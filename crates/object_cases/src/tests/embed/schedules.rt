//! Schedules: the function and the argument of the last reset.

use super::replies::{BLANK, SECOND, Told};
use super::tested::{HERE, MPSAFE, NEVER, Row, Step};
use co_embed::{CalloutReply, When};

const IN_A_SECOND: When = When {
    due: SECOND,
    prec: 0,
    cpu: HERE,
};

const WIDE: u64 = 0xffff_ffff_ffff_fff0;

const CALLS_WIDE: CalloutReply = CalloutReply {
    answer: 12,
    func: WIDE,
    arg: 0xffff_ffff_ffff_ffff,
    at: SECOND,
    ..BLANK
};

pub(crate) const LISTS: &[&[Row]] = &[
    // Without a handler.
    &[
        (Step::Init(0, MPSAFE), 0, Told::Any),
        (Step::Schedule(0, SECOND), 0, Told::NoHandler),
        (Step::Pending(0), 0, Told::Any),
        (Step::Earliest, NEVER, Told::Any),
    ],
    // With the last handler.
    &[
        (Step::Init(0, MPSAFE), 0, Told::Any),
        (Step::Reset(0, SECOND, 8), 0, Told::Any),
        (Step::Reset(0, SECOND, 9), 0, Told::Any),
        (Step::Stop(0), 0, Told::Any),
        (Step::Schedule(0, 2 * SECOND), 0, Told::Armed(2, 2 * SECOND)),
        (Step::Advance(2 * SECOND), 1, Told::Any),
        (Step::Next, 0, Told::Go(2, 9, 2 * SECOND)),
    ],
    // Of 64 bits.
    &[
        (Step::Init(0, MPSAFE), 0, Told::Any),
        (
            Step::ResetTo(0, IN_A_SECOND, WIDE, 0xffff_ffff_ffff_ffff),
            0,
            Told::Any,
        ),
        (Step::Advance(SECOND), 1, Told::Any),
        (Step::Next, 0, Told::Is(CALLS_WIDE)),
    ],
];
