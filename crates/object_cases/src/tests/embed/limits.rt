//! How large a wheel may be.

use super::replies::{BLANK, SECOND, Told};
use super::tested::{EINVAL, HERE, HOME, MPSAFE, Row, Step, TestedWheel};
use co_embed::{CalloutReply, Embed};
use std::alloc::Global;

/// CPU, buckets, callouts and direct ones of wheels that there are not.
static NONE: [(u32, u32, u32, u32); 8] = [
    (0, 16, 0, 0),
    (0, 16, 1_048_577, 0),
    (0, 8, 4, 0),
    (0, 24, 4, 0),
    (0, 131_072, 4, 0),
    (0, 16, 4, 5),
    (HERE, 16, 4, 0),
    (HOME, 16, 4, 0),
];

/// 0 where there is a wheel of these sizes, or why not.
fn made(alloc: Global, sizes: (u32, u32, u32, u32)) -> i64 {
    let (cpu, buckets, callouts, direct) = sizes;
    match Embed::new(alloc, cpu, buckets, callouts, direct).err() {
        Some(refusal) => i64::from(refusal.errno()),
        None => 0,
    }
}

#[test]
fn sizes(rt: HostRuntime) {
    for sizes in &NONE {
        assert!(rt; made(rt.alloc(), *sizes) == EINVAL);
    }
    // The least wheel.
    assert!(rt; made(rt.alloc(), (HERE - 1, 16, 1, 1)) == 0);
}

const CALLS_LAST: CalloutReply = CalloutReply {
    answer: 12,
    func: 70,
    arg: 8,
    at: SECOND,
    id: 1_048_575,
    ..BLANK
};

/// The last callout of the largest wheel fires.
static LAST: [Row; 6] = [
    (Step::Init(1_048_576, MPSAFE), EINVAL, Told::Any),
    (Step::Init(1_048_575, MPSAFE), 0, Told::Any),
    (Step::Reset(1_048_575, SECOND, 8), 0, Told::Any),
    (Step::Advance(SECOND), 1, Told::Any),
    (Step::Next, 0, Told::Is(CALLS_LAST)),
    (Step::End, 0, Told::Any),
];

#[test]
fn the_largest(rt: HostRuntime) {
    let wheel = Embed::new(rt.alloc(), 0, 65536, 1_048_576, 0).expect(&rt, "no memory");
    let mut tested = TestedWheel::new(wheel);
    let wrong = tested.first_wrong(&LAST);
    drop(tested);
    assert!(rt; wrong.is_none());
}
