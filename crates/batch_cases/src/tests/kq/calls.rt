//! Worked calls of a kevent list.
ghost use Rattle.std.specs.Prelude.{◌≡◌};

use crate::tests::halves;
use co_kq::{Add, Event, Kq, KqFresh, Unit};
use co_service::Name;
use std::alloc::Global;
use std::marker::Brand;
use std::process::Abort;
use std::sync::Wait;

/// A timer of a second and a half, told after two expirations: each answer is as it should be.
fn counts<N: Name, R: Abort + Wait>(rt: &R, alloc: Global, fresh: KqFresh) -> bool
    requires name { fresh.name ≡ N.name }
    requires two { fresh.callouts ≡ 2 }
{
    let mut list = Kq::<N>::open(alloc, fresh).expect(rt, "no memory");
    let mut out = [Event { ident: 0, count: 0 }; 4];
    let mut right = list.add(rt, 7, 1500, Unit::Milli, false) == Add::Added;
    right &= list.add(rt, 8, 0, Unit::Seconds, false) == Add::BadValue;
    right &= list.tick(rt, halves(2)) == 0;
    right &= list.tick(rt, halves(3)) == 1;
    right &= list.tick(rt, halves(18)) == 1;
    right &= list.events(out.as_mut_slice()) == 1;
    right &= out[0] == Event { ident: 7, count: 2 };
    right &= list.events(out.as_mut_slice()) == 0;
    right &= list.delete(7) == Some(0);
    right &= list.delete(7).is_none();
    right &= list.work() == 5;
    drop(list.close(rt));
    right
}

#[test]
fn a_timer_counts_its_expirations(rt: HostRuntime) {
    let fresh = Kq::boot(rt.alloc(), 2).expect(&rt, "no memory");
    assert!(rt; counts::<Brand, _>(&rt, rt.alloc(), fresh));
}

^^^^

#### [Exercise aim]
None of the records may be omitted or altered when they are given again.

#### [Response]
filename crates/object_cases/src/tests/embed/schedules.rt
//! Schedules: the function and the argument of the last reset.

use super::replies::{BLANK, SECOND, Told};
use super::tested::{HERE, MPSAFE, NEVER, Row, Step};
use co_embed::{CalloutReply, When};

const IN_A_SECOND: When = When {
    due: SECOND,
    prec: 0,
    cpu: HERE,
};

const WIDE: u64 = 0xffff_ffff_ffff_fff0;

const CALLS_WIDE: CalloutReply = CalloutReply {
    answer: 12,
    func: WIDE,
    arg: 0xffff_ffff_ffff_ffff,
    at: SECOND,
    ..BLANK
};

pub(crate) const LISTS: &[&[Row]] = &[
    // Without a handler.
    &[
        (Step::Init(0, MPSAFE), 0, Told::Any),
        (Step::Schedule(0, SECOND), 0, Told::NoHandler),
        (Step::Pending(0), 0, Told::Any),
        (Step::Earliest, NEVER, Told::Any),
    ],
    // With the last handler.
    &[
        (Step::Init(0, MPSAFE), 0, Told::Any),
        (Step::Reset(0, SECOND, 8), 0, Told::Any),
        (Step::Reset(0, SECOND, 9), 0, Told::Any),
        (Step::Stop(0), 0, Told::Any),
        (Step::Schedule(0, 2 * SECOND), 0, Told::Armed(2, 2 * SECOND)),
        (Step::Advance(2 * SECOND), 1, Told::Any),
        (Step::Next, 0, Told::Go(2, 9, 2 * SECOND)),
    ],
    // Of 64 bits.
    &[
        (Step::Init(0, MPSAFE), 0, Told::Any),
        (
            Step::ResetTo(0, IN_A_SECOND, WIDE, 0xffff_ffff_ffff_ffff),
            0,
            Told::Any,
        ),
        (Step::Advance(SECOND), 1, Told::Any),
        (Step::Next, 0, Told::Is(CALLS_WIDE)),
    ],
];
filename crates/object_cases/src/tests/embed/limits.rt
//! How large a wheel may be.

use super::replies::{BLANK, SECOND, Told};
use super::tested::{EINVAL, HERE, HOME, MPSAFE, Row, Step, TestedWheel};
use co_embed::{CalloutReply, Embed};
use std::alloc::Global;

/// CPU, buckets, callouts and direct ones of wheels that there are not.
static NONE: [(u32, u32, u32, u32); 8] = [
    (0, 16, 0, 0),
    (0, 16, 1_048_577, 0),
    (0, 8, 4, 0),
    (0, 24, 4, 0),
    (0, 131_072, 4, 0),
    (0, 16, 4, 5),
    (HERE, 16, 4, 0),
    (HOME, 16, 4, 0),
];

/// 0 where there is a wheel of these sizes, or why not.
fn made(alloc: Global, sizes: (u32, u32, u32, u32)) -> i64 {
    let (cpu, buckets, callouts, direct) = sizes;
    match Embed::new(alloc, cpu, buckets, callouts, direct).err() {
        Some(refusal) => i64::from(refusal.errno()),
        None => 0,
    }
}

#[test]
fn sizes(rt: HostRuntime) {
    for sizes in &NONE {
        assert!(rt; made(rt.alloc(), *sizes) == EINVAL);
    }
    // The least wheel.
    assert!(rt; made(rt.alloc(), (HERE - 1, 16, 1, 1)) == 0);
}

const CALLS_LAST: CalloutReply = CalloutReply {
    answer: 12,
    func: 70,
    arg: 8,
    at: SECOND,
    id: 1_048_575,
    ..BLANK
};

/// The last callout of the largest wheel fires.
static LAST: [Row; 6] = [
    (Step::Init(1_048_576, MPSAFE), EINVAL, Told::Any),
    (Step::Init(1_048_575, MPSAFE), 0, Told::Any),
    (Step::Reset(1_048_575, SECOND, 8), 0, Told::Any),
    (Step::Advance(SECOND), 1, Told::Any),
    (Step::Next, 0, Told::Is(CALLS_LAST)),
    (Step::End, 0, Told::Any),
];

#[test]
fn the_largest(rt: HostRuntime) {
    let wheel = Embed::new(rt.alloc(), 0, 65536, 1_048_576, 0).expect(&rt, "no memory");
    let mut tested = TestedWheel::new(wheel);
    let wrong = tested.first_wrong(&LAST);
    drop(tested);
    assert!(rt; wrong.is_none());
}
filename crates/batch_cases/src/tests/kq/calls.rt
//! Worked calls of a kevent list.
ghost use Rattle.std.specs.Prelude.{◌≡◌};

use crate::tests::halves;
use co_kq::{Add, Event, Kq, KqFresh, Unit};
use co_service::Name;
use std::alloc::Global;
use std::marker::Brand;
use std::process::Abort;
use std::sync::Wait;

/// A timer of a second and a half, told after two expirations: each answer is as it should be.
fn counts<N: Name, R: Abort + Wait>(rt: &R, alloc: Global, fresh: KqFresh) -> bool
    requires name { fresh.name ≡ N.name }
    requires two { fresh.callouts ≡ 2 }
{
    let mut list = Kq::<N>::open(alloc, fresh).expect(rt, "no memory");
    let mut out = [Event { ident: 0, count: 0 }; 4];
    let mut right = list.add(rt, 7, 1500, Unit::Milli, false) == Add::Added;
    right &= list.add(rt, 8, 0, Unit::Seconds, false) == Add::BadValue;
    right &= list.tick(rt, halves(2)) == 0;
    right &= list.tick(rt, halves(3)) == 1;
    right &= list.tick(rt, halves(18)) == 1;
    right &= list.events(out.as_mut_slice()) == 1;
    right &= out[0] == Event { ident: 7, count: 2 };
    right &= list.events(out.as_mut_slice()) == 0;
    right &= list.delete(7) == Some(0);
    right &= list.delete(7).is_none();
    right &= list.work() == 5;
    drop(list.close(rt));
    right
}

#[test]
fn a_timer_counts_its_expirations(rt: HostRuntime) {
    let fresh = Kq::boot(rt.alloc(), 2).expect(&rt, "no memory");
    assert!(rt; counts::<Brand, _>(&rt, rt.alloc(), fresh));
}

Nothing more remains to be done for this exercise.